→ **WORK TASK**:
This task calls for copying every line in the data below that contains the word "WalkStep".

*** RECORDS FOR THE EXERCISE

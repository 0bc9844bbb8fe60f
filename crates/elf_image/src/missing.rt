//! The entries that lack an item.
ghost use Rattle.std.specs.Prelude.{◌≡◌, ◌+◌, ◌≤◌, ℕ, List, IfOk, Some};
ghost use Rattle.elf_model.specs.Image.{ImageSource};
ghost use Rattle.elf_source.specs.Prelude.{KeepsSource};
ghost use Rattle.elf_table.specs.Prelude.{CallReads, HoldsProgramHeaders, fault_of_result};
ghost use Rattle.elf_hash.specs.Loading.{FitsSource};
ghost use Rattle.elf_hash.specs.Segments.{entries_asked};
ghost use Rattle.elf_image.specs.Changes.{walk_reads};
ghost use Rattle.elf_image.specs.Missing.{BeginsMissing, FindsLack, IsAliveIn, IsMissingOf};
ghost use Rattle.elf_image.specs.Missing.{StepsMissing, opening_checks, some_items};
ghost use Rattle.elf_image.specs.Relocated.{ReadsAfter};

use crate::changes::{ImageFile, told_relocations};
use crate::chunks::EntryChunks;
use crate::headers::check_headers;
use crate::image_items::ImageItems;
use crate::walk::{ImageWalk, WalkStep};
use elf_record::Cause;
use elf_source::{Counted, Source};
use elf_table::{ExecutionView, Fault, HeaderStore, Loaded};

/// An entry that lacks an item.
#[derive(Clone, Copy)]
pub struct LackingEntry {
    /// Its offset in the file.
    pub at: u64,
    /// Its place, an address of the file.
    pub place: u64,
    /// Its type.
    pub kind: u32,
    /// The index of its symbol.
    pub symbol: u32,
    /// Why it would be refused: `Undefined` or `Unplaced`.
    pub cause: Cause,
}

/// An iterator over the entries of a file that lack an item, in the order in which a loader applies
/// them.
#[derive(Drop)]
pub struct MissingEntries<'v, 'a> {
    pub(crate) image: ImageFile<'v, 'a>,
    pub(crate) walk: ImageWalk,
}

impl<'v, 'a> MissingEntries<'v, 'a> {
    /// Reads the dynamic entries of a loaded file, and checks its headers and these. The fields of
    /// the file header that locate section headers are masked ([`Counted::mask_section_headers`]),
    /// also while the entries are read.
    ///
    /// # Errors
    /// Returns the first check that fails, or a fault of a read.
    pub fn open<S: Source>(
        src: &mut Counted<S>,
        store: &'v HeaderStore<'v>,
        loaded: Loaded,
        items: &'a ImageItems<'a>,
    ) -> Result<MissingEntries<'v, 'a>, Fault>
        requires fits { FitsSource src.old.seen.size store.now loaded }
        ensures keeps { KeepsSource src.old.seen src.new.seen }
        ensures costs { CallReads src.old src.new (fault_of_result result) src.old.seen.size }
        ensures alive { IfOk result (IsAliveIn src.old.seen.size) }
        ensures asks { (file : List ℕ) → src.old.seen.file ≡ Some file →
            HoldsProgramHeaders file loaded store.now →
            CallReads src.old src.new (fault_of_result result) (entries_asked file) }
        ensures opens { (file : List ℕ) → src.old.seen.file ≡ Some file →
            HoldsProgramHeaders file loaded store.now → ReadsAfter (opening_checks file)
            (BeginsMissing file (some_items items.now)) result }
    {
        let view = ExecutionView { loaded, store };
        check_headers(&view)?;
        let told = told_relocations(src, &view)?;
        let image = ImageFile {
            view,
            items,
            base: items.base(),
            leaves: true,
            told,
            chunks: EntryChunks::new(),
        };
        let walk = ImageWalk::new(&image, None);
        Ok(MissingEntries { image, walk })
    }

    /// Returns the next entry that lacks an item, or `None` after the last.
    ///
    /// # Errors
    /// Returns the first refusal of an entry, or a fault of a read.
    pub fn next<S: Source>(&mut self, src: &mut Counted<S>) -> Result<Option<LackingEntry>, Fault>
        requires { IsAliveIn src.old.seen.size self.old }
        ensures keeps { KeepsSource src.old.seen src.new.seen }
        ensures costs { CallReads src.old src.new (fault_of_result result)
            (walk_reads self.old.walk) }
        ensures account { src.new.asked + walk_reads self.new.walk
            ≤ src.old.asked + walk_reads self.old.walk }
        ensures alive { IfOk result (λ _. IsAliveIn src.old.seen.size self.new) }
        ensures steps { IfOk result (StepsMissing self.old self.new) }
        ensures finds { (source : ImageSource) → src.old.seen.file ≡ Some source.file →
            IsMissingOf source self.old → FindsLack source self.old self.new result }
        ensures known { (source : ImageSource) → src.old.seen.file ≡ Some source.file →
            IsMissingOf source self.old → IfOk result (λ _. IsMissingOf source self.new) }
    {
        'steps: loop {
            match self.walk.step(src, &self.image)? {
                WalkStep::Lacks(ordered, cause) => {
                    return Ok(Some(LackingEntry {
                        at: ordered.at,
                        place: ordered.entry.r_offset,
                        kind: ordered.entry.kind(),
                        symbol: ordered.entry.symbol(),
                        cause,
                    }));
                }
                WalkStep::End => return Ok(None),
                WalkStep::Stores(_) | WalkStep::Nothing => {}
            }
        }
    }
}
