//! A window of a segment.
ghost use Rattle.std.specs.Prelude.{◌≡◌, ◌+◌, ◌-◌, ◌<◌, ◌≤◌, ◌%◌, ◌^◌, length, min, get_or, ℕ, List, Some, IfErr, IfOk, OnOk};
ghost use Rattle.elf_model.specs.Apply.{put};
ghost use Rattle.elf_model.specs.ApplyLaws.{clipped};
ghost use Rattle.elf_model.specs.Bytes.{field, little, slice};
ghost use Rattle.elf_source.specs.Prelude.{KeepsSource};
ghost use Rattle.elf_table.specs.Prelude.{CallReads, IsOfRead, fault_of_result};
ghost use Rattle.elf_image.specs.Items.{copy_bytes};
ghost use Rattle.elf_image.specs.SegmentParts.{IsPartOf, IsWindowOf, KeepsEdges, MeetsWord, PutsBytes};
ghost use Rattle.elf_image.specs.Values.{IsGiven, stored_as};
ghost use Rattle.elf_image.specs.declared.changes.RelocatedBytes.TheVariants.{Based};

use crate::changes::{PlacedBytes, RelocatedBytes};
use crate::image_items::CopyBytes;
use crate::rela_rows::WindowReach;
use elf_record::u64_at;
use elf_source::{Counted, READ_BYTES, Source};
use elf_table::{Fault, fill};

/// The number of bytes before a window, and after it, that a word over its edge has there.
const EDGE_BYTES: usize = 7;

/// A range of a file that is the front of a segment, and the rest of which is zeros.
#[derive(Clone, Copy)]
pub(crate) struct SegmentBytes {
    /// The segment's offset in the file.
    pub(crate) at: u64,
    /// How many bytes of it are in the file.
    pub(crate) size: u64,
}

/// A window of a segment: its bytes, and those at its edges as they are in the file.
#[derive(Drop)]
pub(crate) struct ImageWindow<'w> {
    /// The offset of the window in the segment.
    pub(crate) low: u64,
    pub(crate) bytes: &'w mut [u8],
    pub(crate) before: [u8; EDGE_BYTES],
    pub(crate) after: [u8; EDGE_BYTES],
}

impl<'w> ImageWindow<'w> {
    /// Reads a window of a segment, at an offset of it.
    ///
    /// # Errors
    /// Returns a fault of a read.
    pub(crate) fn read<S: Source>(
        src: &mut Counted<S>,
        segment: SegmentBytes,
        low: u64,
        bytes: &'w mut [u8],
    ) -> Result<ImageWindow<'w>, Fault>
        requires within { segment.at + segment.size ≤ src.old.seen.size }
        requires fits { low + length bytes.old < 2 ^ 64 }
        ensures keeps { KeepsSource src.old.seen src.new.seen }
        ensures costs { CallReads src.old src.new (fault_of_result result)
            (14 + min (segment.size - low) (length bytes.old)) }
        ensures fault { IfErr result IsOfRead }
        ensures long { IfOk result (λ window. length window.bytes.now ≡ length bytes.old) }
        ensures shows { (file : List ℕ) → src.old.seen.file ≡ Some file →
            src.old.seen.size < 2 ^ 64 →
            IfOk result (IsWindowOf (slice file segment.at segment.size) low) }
    {
        let mut before = [0; EDGE_BYTES];
        let mut after = [0; EDGE_BYTES];
        let edge = (EDGE_BYTES as u64).min(low) as usize;
        let high = low + bytes.len() as u64;
        read_part(
            src,
            segment,
            low - edge as u64,
            &mut before[EDGE_BYTES - edge..],
        )?;
        read_part(src, segment, low, bytes)?;
        read_part(src, segment, high, &mut after)?;
        Ok(ImageWindow {
            low,
            bytes,
            before,
            after,
        })
    }

    /// Returns the bytes.
    pub(crate) fn bytes(&self) -> &[u8]
        ensures { result.now ≡ self.now.bytes.now }
    {
        self.bytes
    }

    /// Returns the addresses at which at most 16 bytes may be in the window, of a segment at an
    /// address.
    pub(crate) fn reach(&self, segment: u64) -> WindowReach
        ensures first { result.first ≡ min (segment + self.now.low) (2 ^ 64 - 1) - 15 }
        ensures last { result.last
            ≡ min (min (segment + self.now.low) (2 ^ 64 - 1) + length self.now.bytes.now)
            (2 ^ 64 - 1) }
    {
        let first = segment.saturating_add(self.low);
        WindowReach {
            first: first.saturating_sub(15),
            last: first.saturating_add(self.bytes.len() as u64),
        }
    }

    /// Stores the part of what a relocation stores in this segment that falls into the window. The
    /// base is added to a word as it is in the file: nothing has been stored there before.
    #[tactic(auto, unfolding(elf_model::specs::Bytes::little))]
    pub(crate) fn store(&mut self, change: &PlacedBytes<'_>, base: u64)
        ensures edges { KeepsEdges self.old self.new }
        ensures based { (whole : List ℕ) → change.now.bytes ≡ Based →
            (self.old.low < change.now.place.offset + 8 →
            change.now.place.offset < self.old.low + length self.old.bytes.now →
            MeetsWord whole self.old change.now.place.offset) →
            PutsBytes self.old self.new change.now.place.offset
            (little 8 ((field whole change.now.place.offset 8 + base) % 2 ^ 64)) }
        ensures given { IsGiven change.now.bytes → PutsBytes self.old self.new
            change.now.place.offset (stored_as change.now.bytes) }
    {
        let offset = change.place.offset;
        match &change.bytes {
            RelocatedBytes::Based => {
                let word = self.word(offset);
                self.put(offset, &word.wrapping_add(base).to_le_bytes());
            }
            RelocatedBytes::Value(patch) => self.put(offset, patch.bytes()),
            RelocatedBytes::Pair(first, second) => {
                self.put(offset, &first.to_le_bytes());
                self.put(offset.saturating_add(8), &second.to_le_bytes());
            }
            RelocatedBytes::Copied(bytes) => self.put_copied(offset, bytes),
        }
    }

    /// Returns the word at an offset of the segment, as it is in the file; 0 if it does not meet
    /// the window.
    fn word(&self, offset: u64) -> u64
        ensures { (base : List ℕ) → MeetsWord base self.now offset → result ≡ field base offset 8 }
    {
        let mut bytes = [0; 8];
        for i in 0..8 {
            bytes[i] = self.byte(offset.saturating_add(i as u64));
        }
        u64_at(&bytes, 0)
    }

    /// Returns the byte at an offset of the segment; 0 if it is more than 7 bytes away from the
    /// window.
    fn byte(&self, offset: u64) -> u8
        ensures { (base : List ℕ) (word : ℕ) → MeetsWord base self.now word → word ≤ offset →
            offset < word + 8 → result ≡ get_or base offset 0 }
    {
        let high = self.low.saturating_add(self.bytes.len() as u64);
        if offset >= high {
            return byte_in(&self.after, offset - high);
        }
        if offset >= self.low {
            return self.bytes[(offset - self.low) as usize];
        }
        byte_before(&self.before, self.low - offset)
    }

    /// Stores the part of some bytes that falls into the window.
    fn put(&mut self, offset: u64, bytes: &[u8])
        ensures edges { KeepsEdges self.old self.new }
        ensures puts { PutsBytes self.old self.new offset bytes.now }
    {
        put_bytes(self.bytes, self.low, offset, bytes);
    }

    /// Stores the part of the bytes of a copied object that falls into the window.
    fn put_copied(&mut self, offset: u64, bytes: &CopyBytes<'_>)
        ensures edges { KeepsEdges self.old self.new }
        ensures puts { PutsBytes self.old self.new offset (copy_bytes bytes.now) }
    {
        for i in 0..bytes.len() {
            self.put(offset.saturating_add(i as u64), &[bytes.byte(i)]);
        }
    }
}

/// Stores the part of some bytes at an offset that falls into a window, which begins at the offset
/// `low`.
fn put_bytes(window: &mut [u8], low: u64, offset: u64, bytes: &[u8])
    ensures { low + length window.old < 2 ^ 64 → offset + length bytes.now < 2 ^ 64 →
        window.new
        ≡ put (clipped low (length window.old) (record { at = offset; bytes = bytes.now }))
        window.old }
{
    let first = offset.max(low);
    let end = offset
        .saturating_add(bytes.len() as u64)
        .min(low.saturating_add(window.len() as u64));
    if first < end {
        let part = &bytes[(first - offset) as usize..(end - offset) as usize];
        window[(first - low) as usize..(end - low) as usize].copy_from_slice(part);
    }
}

/// Returns the byte of an index at the edge after a window, 0 for a larger one.
fn byte_in(edge: &[u8; EDGE_BYTES], index: u64) -> u8
    ensures { index < 7 → result ≡ get_or edge.now index 0 }
{
    if index >= EDGE_BYTES as u64 {
        return 0;
    }
    edge[index as usize]
}

/// Returns the byte at the edge before a window, this many bytes before it, at least 1; 0 for one
/// farther away.
fn byte_before(edge: &[u8; EDGE_BYTES], distance: u64) -> u8
    requires { 0 < distance }
    ensures { distance ≤ 7 → result ≡ get_or edge.now (7 - distance) 0 }
{
    if distance > EDGE_BYTES as u64 {
        return 0;
    }
    edge[EDGE_BYTES - distance as usize]
}

/// Reads a part of a segment at an offset of it: the bytes in the file, then zeros.
fn read_part<S: Source>(
    src: &mut Counted<S>,
    segment: SegmentBytes,
    low: u64,
    bytes: &mut [u8],
) -> Result<(), Fault>
    requires { segment.at + segment.size ≤ src.old.seen.size }
    ensures keeps { KeepsSource src.old.seen src.new.seen }
    ensures costs { CallReads src.old src.new (fault_of_result result)
        (min (segment.size - low) (length bytes.old)) }
    ensures fault { IfErr result IsOfRead }
    ensures long { length bytes.new ≡ length bytes.old }
    ensures read { (file : List ℕ) → src.old.seen.file ≡ Some file → src.old.seen.size < 2 ^ 64 →
        OnOk result (IsPartOf (slice file segment.at segment.size) low bytes.new) }
{
    let held = segment.size.saturating_sub(low).min(bytes.len() as u64) as usize;
    if held > 0 {
        read_bytes(src, segment.at.saturating_add(low), &mut bytes[..held])?;
    }
    bytes[held..].fill(0);
    Ok(())
}

/// Reads the bytes at an offset of the file, as many as `bytes` has, at most 4,096 at once.
fn read_bytes<S: Source>(src: &mut Counted<S>, at: u64, bytes: &mut [u8]) -> Result<(), Fault>
    requires { at + length bytes.old ≤ src.old.seen.size }
    ensures keeps { KeepsSource src.old.seen src.new.seen }
    ensures costs { CallReads src.old src.new (fault_of_result result) (length bytes.old) }
    ensures fault { IfErr result IsOfRead }
    ensures long { length bytes.new ≡ length bytes.old }
    ensures read { (file : List ℕ) → src.old.seen.file ≡ Some file → src.old.seen.size < 2 ^ 64 →
        OnOk result (bytes.new ≡ slice file at (length bytes.old)) }
{
    let mut done = 0;
    while done < bytes.len() {
        let count = READ_BYTES.min(bytes.len() - done);
        fill(
            src,
            at.saturating_add(done as u64),
            &mut bytes[done..done + count],
        )?;
        done += count;
    }
    Ok(())
}
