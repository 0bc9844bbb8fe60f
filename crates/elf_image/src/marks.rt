//! Which windows of a segment a place meets.
ghost use Rattle.std.specs.Prelude.{◌≡◌, ◌+◌, ◌-◌, ◌/◌, ◌<◌, ◌≤◌, ◌||◌, ℕ, false, min};
ghost use Rattle.elf_image.specs.Marks.{is_window_marked, marked_windows, meets_range};

use crate::chunks::EntryChunks;

/// The number of windows that are marked.
const MARKED_WINDOWS: usize = 4096;

/// What a check of all relocations notes: a mark for each window that a place meets, of the first
/// 4,096 windows, where later ones count as met; and at which addresses the entries of the first
/// table store.
#[derive(Clone, Copy)]
pub(crate) struct WindowMarks {
    met: [bool; MARKED_WINDOWS],
    pub(crate) chunks: EntryChunks,
}

impl WindowMarks {
    /// Returns no marks.
    pub(crate) fn new() -> WindowMarks
        ensures { (k : ℕ) → k < 4096 → is_window_marked result.met k ≡ false }
    {
        WindowMarks {
            met: [false; MARKED_WINDOWS],
            chunks: EntryChunks::new(),
        }
    }

    /// Marks the windows of `size` bytes each that `width` bytes at an offset meet.
    pub(crate) fn mark(&mut self, offset: u64, width: u64, size: u64)
        requires { 0 < size }
        ensures { (k : ℕ) → k < 4096 →
            is_window_marked self.new.met k
            ≡ (is_window_marked self.old.met k || meets_range size k offset width) }
    {
        if width == 0 {
            return;
        }
        let last = last_window(offset, width, size);
        let mut window = offset / size;
        while window <= last {
            self.met[window as usize] = true;
            window += 1;
        }
    }

    /// Returns `true` if a window is marked.
    pub(crate) fn is_marked(&self, window: u64) -> bool
        ensures { result ≡ is_window_marked self.now.met window }
    {
        window >= MARKED_WINDOWS as u64 || self.met[window as usize]
    }

    /// Returns how many of the first `count` windows are marked.
    pub(crate) fn marked(&self, count: u64) -> u64
        ensures few { result ≤ count }
        ensures value { result ≡ marked_windows self.now.met count }
    {
        let mut met = 0;
        for window in 0..count {
            if self.is_marked(window) {
                met += 1;
            }
        }
        met
    }
}

/// Returns the index of the window of `size` bytes that has the last of `width` bytes at an offset,
/// at most that of the last mark. Bytes in one window take no division of 128 bits.
fn last_window(offset: u64, width: u64, size: u64) -> u64
    requires some { 0 < size }
    requires wide { 0 < width }
    ensures { result ≡ min ((offset + (width - 1)) / size) 4095 }
{
    if width <= size - offset % size {
        return (offset / size).min(MARKED_WINDOWS as u64 - 1);
    }
    let end = u128::from(offset) + u128::from(width - 1);
    (end / u128::from(size)).min(MARKED_WINDOWS as u128 - 1) as u64
}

******

→ **RESPONSE TO THIS EXERCISE**:
use crate::walk::{ImageWalk, WalkStep};
                WalkStep::Lacks(ordered, cause) => {
                WalkStep::End => return Ok(None),
                WalkStep::Stores(_) | WalkStep::Nothing => {}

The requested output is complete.